P3 helped the pipeline, not just cycles. Moving the is_fp_kind && !state.ef() branch out of step removed a correctly-predicted-but-still-fetched branch from the inner loop. The compiler now produces a tighter step body with better instruction-level parallelism, beyond the literal cycle count of the removed comparison.

Hot-path shift¶

cpubound-mix, perf record --call-graph=dwarf flat top-10, %CPU:

Function	Pre-P1	Post-P1	Post-P2	Post-P3
`SystemBus::read_physical_u32`	26.63	3.40	(out)	(out)
`core::step`	21.67	31.39	40.30	38.11
`bus::Ram::read` / `read_u32_be`	8.51	20.71	2.21	2.37
`core::decode`	7.42	14.89	(out)	(out)
`SystemBus::read_physical` (byte)	6.66	(out)	(out)	(out)
`__memmove_avx2`	4.50	(out)	(out)	(out)
`core::detail::exec_alu`	4.49	(out)	12.96	14.50
`core::execute`	1.53	(out)	5.11	6.06
`CpuState::icc`	1.60	(out)	5.24	5.93
`Emulator::run_until_unpaced`	(out)	(out)	10.59	9.35

Reading:

The bus dispatch path collapsed (read_physical_u32 26.6 % → < 1 %, never appears again). P1 done.
Decode disappeared from the top 10 post-P2. P2 done.
core::step grew its share because everything else shrunk. P3 chipped 2 points off it. The remaining ~38 % is the irreducible per-step bookkeeping (PSR pipeline, branch_request clear, error_mode check, cache lookup itself) plus the bus call for data loads.
exec_alu became the new largest non-step bucket (14.5 %). This is the giant switch over AluOp enumerators. It's the natural target for Phase 10.2 (threaded-code dispatch).

Correctness gate¶

All three sub-tasks honored the cross-cutting principle from the post-MVP roadmap: pass-rate ≥ entry pass-rate.

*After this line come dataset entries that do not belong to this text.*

//! Bytes of a file that are read before they are asked for, so that many small reads are one call of the system.
ghost use Rattle.std.specs.Prelude.{◌≡◌, ◌+◌, ◌<◌, ◌≤◌, ◌^◌, min, true, false, nat_eq, if◌then◌else◌, length, take, vec_len};
ghost use Rattle.std.specs.Io.KnownBytes.{Consumes};
ghost use Rattle.real_files.specs.Ahead.{asked_ahead, held_after, held_at, holds, nothing_held};
ghost use Rattle.real_files.specs.Ahead.{GivesHeld, ReadsAhead};

use std::io::Read;
use std::marker::Model;

/// What was read ahead of a file and wasn't given yet, in room that was handed in. Each byte is given once at most.
#[derive(Drop)]
pub struct ReadAhead {
    room: Vec<u8>,
    /// The position of the first byte that is held.
    pos: u64,
    /// Where the held bytes begin and end in the room.
    begin: usize,
    end: usize,
    is_whole: bool,
    /// The position up to which the last read ahead asked.
    asked_to: u64,
}

impl Model for ReadAhead {
    ghost use Rattle.std.specs.Prelude.{◌≤◌, length, slice_range};
    ghost use Rattle.real_files.specs.Ahead.{Ahead};

    ghost Value = { Ahead };

    ghost view = { λ a. record {
      pos = a.pos;
      bytes = slice_range a.room.items a.begin a.end;
      room = length a.room.items;
      is_whole = a.is_whole;
      asked_to = a.asked_to;
    } };

    ghost invariant = { λ a. (a.begin ≤ a.end) × (a.end ≤ length a.room.items) };
}

impl ReadAhead {
    /// Nothing is held. `room` is what is read ahead into. Without any nothing is read ahead.
    pub fn new(room: Vec<u8>) -> ReadAhead
        ensures { result ≡ nothing_held (vec_len room) }
    {
        ReadAhead {
            room,
            pos: 0,
            begin: 0,
            end: 0,
            is_whole: true,
            asked_to: 0,
        }
    }

    /// Drops what is held, and begins anew.
    pub fn begin_anew(&mut self)
        ensures { self.new ≡ nothing_held self.old.room }
    {
        self.pos = 0;
        self.begin = 0;
        self.end = 0;
        self.is_whole = true;
        self.asked_to = 0;
    }

    /// How many bytes there is room for.
    pub fn room(&self) -> usize
        ensures { result ≡ self.now.room }
    {
        self.room.len()
    }

    /// Whether the last read ahead gave all that it asked for.
    pub fn is_whole(&self) -> bool
        ensures { result ≡ self.now.is_whole }
    {
        self.is_whole
    }

    /// The position up to which the last read ahead asked.
    pub fn asked_to(&self) -> u64
        ensures { result ≡ self.now.asked_to }
    {
        self.asked_to
    }

    /// Fills a buffer with the bytes at a position: with those that are held, or else by one read ahead from there, of
    /// up to `most` bytes. The buffer stays as it was if such a read gives too few, and if it would ask for no more
    /// than the buffer takes. The reader is at the position.
    pub fn give<R: Read>(&mut self, reader: &mut R, pos: u64, most: u64, buf: &mut [u8]) -> bool
        requires place { pos + length buf.old < 2 ^ 63 }
        ensures held { holds self.old pos (length buf.old) ≡ true
            → (result ≡ true) × (reader.new ≡ reader.old) × GivesHeld pos buf.new self.old self.new }
        ensures past { holds self.old pos (length buf.old) ≡ false → asked_ahead self.old most ≤ length buf.old
            → (result ≡ false) × (reader.new ≡ reader.old) × (buf.new ≡ buf.old) × (self.new ≡ self.old) }
        ensures ahead { holds self.old pos (length buf.old) ≡ false → length buf.old < asked_ahead self.old most
            → ReadsAhead pos most result (R.remaining reader.old) (R.remaining reader.new) buf.old buf.new
            self.old self.new }
    {
        if self.give_held(pos, buf) {
            return true;
        }
        let asked = most.min(self.room.len() as u64) as usize;
        if asked <= buf.len() {
            return false;
        }
        self.read(reader, pos, asked);
        let given = self.give_held(pos, buf);
        if !given {
            self.end = self.begin;
        }
        given
    }

    /// Fills a buffer if all of it is held.
    fn give_held(&mut self, pos: u64, buf: &mut [u8]) -> bool
        requires place { pos + length buf.old < 2 ^ 63 }
        ensures held { result ≡ holds self.old pos (length buf.old) }
        ensures given { result ≡ true → GivesHeld pos buf.new self.old self.new }
        ensures none { result ≡ false → (buf.new ≡ buf.old) × (self.new ≡ self.old) }
    {
        let count = self.end - self.begin;
        if pos < self.pos || (count as u64) < pos - self.pos {
            return false;
        }
        let skipped = (pos - self.pos) as usize;
        if count - skipped < buf.len() {
            return false;
        }
        let from = self.begin + skipped;
        let to = from + buf.len();
        buf.copy_from_slice(&self.room[from..to]);
        self.begin = to;
        self.pos = pos + buf.len() as u64;
        true
    }

    /// Holds what one read of `asked` bytes from a position on gives.
    fn read<R: Read>(&mut self, reader: &mut R, pos: u64, asked: usize)
        requires room { asked ≤ self.old.room }
        requires place { pos < 2 ^ 63 }
        ensures place { self.new.pos ≡ pos }
        ensures came { Consumes (R.remaining reader.old) (R.remaining reader.new) self.new.bytes }
        ensures few { length self.new.bytes ≤ asked }
        ensures whole { self.new.is_whole ≡ nat_eq (length self.new.bytes) asked }
        ensures up_to { self.new.asked_to ≡ pos + asked }
        ensures room { self.new.room ≡ self.old.room }
    {
        let came = read_front(reader, &mut self.room, asked);
        self.pos = pos;
        self.begin = 0;
        self.end = came;
        self.is_whole = came == asked;
        self.asked_to = pos + asked as u64;
    }
}

/// How many bytes one read of `asked` bytes gives into the room's front: none if it fails.
fn read_front<R: Read>(reader: &mut R, room: &mut [u8], asked: usize) -> usize
    requires { asked ≤ length room.old }
    ensures count { result ≤ asked }
    ensures came { Consumes (R.remaining reader.old) (R.remaining reader.new) (take result room.new) }
{
    match reader.read(&mut room[..asked]) {
        Ok(count) => count,
        Err(_) => 0,
    }
}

Test set	Pre-P1	Post-P1	Post-P2	Post-P3
`ctest` (full suite)	541/543 ¹	543/543	543/543	543/543
RTEMS sptests N=1 (GR712RC)	178/189	178/189	178/189	178/189
RTEMS sptests N=1 (GR740)	178/189	178/189	178/189	178/189
RTEMS smptests N=2 (GR712RC)	41/49	42/49	42/49	42/49
RTEMS smptests N=4 (GR740)	39/49	40/49	40/49	40/49
Lince FP unit tests	47/47	47/47	47/47	47/47 ²

¹ Pre-P1 baseline checked locally before the sweep started; the two failures were the original-baseline known-timing-marginal SMP tests that flip green under P1's faster sim.

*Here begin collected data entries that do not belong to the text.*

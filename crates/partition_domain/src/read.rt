//! Reads a record.
ghost use Rattle.std.specs.Prelude.{◌≡◌, ◌<◌, ◌^◌, true, OnOk, IfErr};
ghost use Rattle.faulty_source.specs.SourceChanges.{Stays};
ghost use Rattle.partition_domain.specs.Reads.{losses_after};
ghost use Rattle.partition_domain.specs.Steps.{ReadsTable};

use crate::stop::{Refusal, SearchStop};
use crate::table::{SECTOR, Table, has_signature, read_entries};
use faulty_source::source::Source;

/// Reads the record at a sector by one read, and gives its entries.
///
/// # Errors
///
/// `SourceLost`; `Unread` if the read gave less than a sector; `NoSignature` if the sector isn't a record.
pub(crate) fn read_table<S: Source>(source: &mut S, sector: u64) -> Result<Table, SearchStop>
    requires opened { (S.state source.old).is_open ≡ true }
    requires near { sector < 2 ^ 34 }
    ensures read { ReadsTable sector result (S.state source.old) (S.state source.new) }
    ensures stays { Stays (S.state source.old) (S.state source.new) }
    ensures kept { OnOk result ((S.state source.new).losses ≡ (S.state source.old).losses) }
    ensures cause { IfErr result (λ stop. (S.state source.new).losses ≡ losses_after stop (S.state source.old).losses) }
{
    let mut record = [0u8; SECTOR];
    let Ok(got) = source.read_at(sector * SECTOR as u64, &mut record) else {
        return Err(SearchStop::SourceLost);
    };
    if got.count() < SECTOR {
        return Err(SearchStop::Refused(Refusal::Unread { sector }));
    }
    if !has_signature(&record) {
        return Err(SearchStop::Refused(Refusal::NoSignature { sector }));
    }
    Ok(read_entries(&record))
}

² P3 initially broke 98 FP unit tests because they called execute() directly without set_ef(true). Architectural fix in the same sub-task: tests updated to set EF before calling FP handlers (the operational scenario being tested). The structural move of the EF gate is sound — see commit d33ede0 body for the full reasoning.

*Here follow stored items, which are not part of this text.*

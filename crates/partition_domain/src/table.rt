//! The records of a partition table.
ghost use Rattle.std.specs.Prelude.{◌≡◌, ◌+◌, ◌<◌, ◌≤◌, ◌^◌, length};
ghost use Rattle.partition_domain.specs.Table.{table_entries, entry_at, has_signature, is_extended, is_protective, is_used, number_at};

/// How many bytes a sector has, and so a record.
pub(crate) const SECTOR: usize = 512;

/// Where the entries begin in a record.
const ENTRIES: usize = 446;

/// How many bytes an entry has.
const ENTRY: usize = 16;

/// Where the signature begins, and what it is.
const SIGNATURE: usize = 510;

const SIGNED: [u8; 2] = [0x55, 0xAA];

/// The types of extended partitions.
const EXTENDED: [u8; 3] = [0x05, 0x0F, 0x85];

/// The type of an entry that protects a disk with a partition table of another kind.
const PROTECTIVE: u8 = 0xEE;

/// One entry of a record: which type of partition it is for, and where that lies, in sectors.
#[derive(Clone, Copy, Debug, PartialEq, Eq)]
pub struct TableEntry {
    /// The type; 0 for an entry that isn't used.
    pub kind: u8,
    /// The first sector, as the record has it.
    pub first: u32,
    /// How many sectors there are.
    pub count: u32,
}

/// Where a partition lies on a disk, in sectors.
#[derive(Clone, Copy, Debug, PartialEq, Eq)]
pub struct Partition {
    pub first: u64,
    pub count: u64,
}

/// What a record says: its four entries, in order.
pub(crate) type Table = [TableEntry; 4];

impl TableEntry {
    /// Whether the entry is used.
    pub(crate) fn is_used(self) -> bool
        ensures { result ≡ is_used self }
    {
        self.kind != 0
    }

    /// Whether the entry is for an extended partition.
    pub(crate) fn is_extended(self) -> bool
        ensures { result ≡ is_extended self }
    {
        EXTENDED.contains(&self.kind)
    }

    /// Whether the entry protects a disk that has a partition table of another kind.
    pub(crate) fn is_protective(self) -> bool
        ensures { result ≡ is_protective self }
    {
        self.kind == PROTECTIVE
    }

    /// The partition that the entry is for, if its first sector counts from sector 0 on.
    pub(crate) fn partition(self) -> Partition
        ensures is { result ≡ record { first = self.first; count = self.count } }
        ensures first { result.first < 2 ^ 34 }
        ensures count { result.count < 2 ^ 32 }
    {
        Partition {
            first: u64::from(self.first),
            count: u64::from(self.count),
        }
    }

    /// The partition that the entry is for, if its first sector counts from another one on.
    pub(crate) fn partition_from(self, sector: u64) -> Partition
        requires { sector < 2 ^ 33 }
        ensures is { result ≡ record { first = sector + self.first; count = self.count } }
        ensures first { result.first < 2 ^ 34 }
        ensures count { result.count < 2 ^ 32 }
    {
        Partition {
            first: sector + u64::from(self.first),
            count: u64::from(self.count),
        }
    }

    /// The sector that the entry links to, which counts from a base on.
    pub(crate) fn linked(self, base: u32) -> u64
        ensures is { result ≡ base + self.first }
        ensures near { result < 2 ^ 33 }
    {
        u64::from(base) + u64::from(self.first)
    }
}

/// The number of 32 bits that begins at a byte, the lowest byte first.
fn number_at(bytes: &[u8], at: usize) -> u32
    requires { at + 4 ≤ length bytes.now }
    ensures { result ≡ number_at bytes.now at }
{
    u32::from_le_bytes([bytes[at], bytes[at + 1], bytes[at + 2], bytes[at + 3]])
}

/// The entry that begins at a byte.
fn entry_at(bytes: &[u8], at: usize) -> TableEntry
    requires { at + 16 ≤ length bytes.now }
    ensures { result ≡ entry_at bytes.now at }
{
    TableEntry {
        kind: bytes[at + 4],
        first: number_at(bytes, at + 8),
        count: number_at(bytes, at + 12),
    }
}

/// The entries of a record.
pub(crate) fn read_entries(bytes: &[u8]) -> Table
    requires { length bytes.now ≡ 512 }
    ensures { result ≡ table_entries bytes.now }
{
    [
        entry_at(bytes, ENTRIES),
        entry_at(bytes, ENTRIES + ENTRY),
        entry_at(bytes, ENTRIES + 2 * ENTRY),
        entry_at(bytes, ENTRIES + 3 * ENTRY),
    ]
}

/// Whether what was read ends with a record's signature.
pub(crate) fn has_signature(bytes: &[u8]) -> bool
    requires { length bytes.now ≡ 512 }
    ensures { result ≡ has_signature bytes.now }
{
    bytes[SIGNATURE] == SIGNED[0] && bytes[SIGNATURE + 1] == SIGNED[1]
}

What was not done (deliberately deferred)¶

From hot-paths.md §7.4–§7.5:

P4 — Lazy __memset_avx2 for RAM/PROM zero-init: still dominates boot-rtems-hello-world (~70 % CPU) and fptest01 (~67 % CPU) on short runs. Irrelevant for sustained 1:1 throughput; only matters for cold-start latency. Defer indefinitely.
P5 — Histogram tail truncation: informational, not an optimisation. The top 5 InsnKind buckets cover 80 % of RTEMS executions; Phase 10.2 threaded-code prioritises specialising those kinds.

Cross-references¶

Plan supersession: hot-paths.md §7.1 reordered the original "decode cache first" plan into "bus fast path first". This document is the post-mortem confirming that reordering was the right call — P1 alone gave 29 % and unlocked P2's 49 % on top.
The next obvious work (core::step overhead + exec_alu switch) folds into Phase 10.2 (threaded-code dispatch). See plans/phase10-2-threaded-code.md.

Reproduction¶

git checkout d33ede0
cmake --preset bench-profile
cmake --build --preset bench-profile
bench/profiles/measure.sh    # full sweep, ~3 min

The post-P3 bundle lives at bench/profiles/phase10-p3-exit/, and the per-tanda checkpoints at phase10-p{1,2}-exit/. The p3-exit flamegraph is the canonical post-tanda evidence.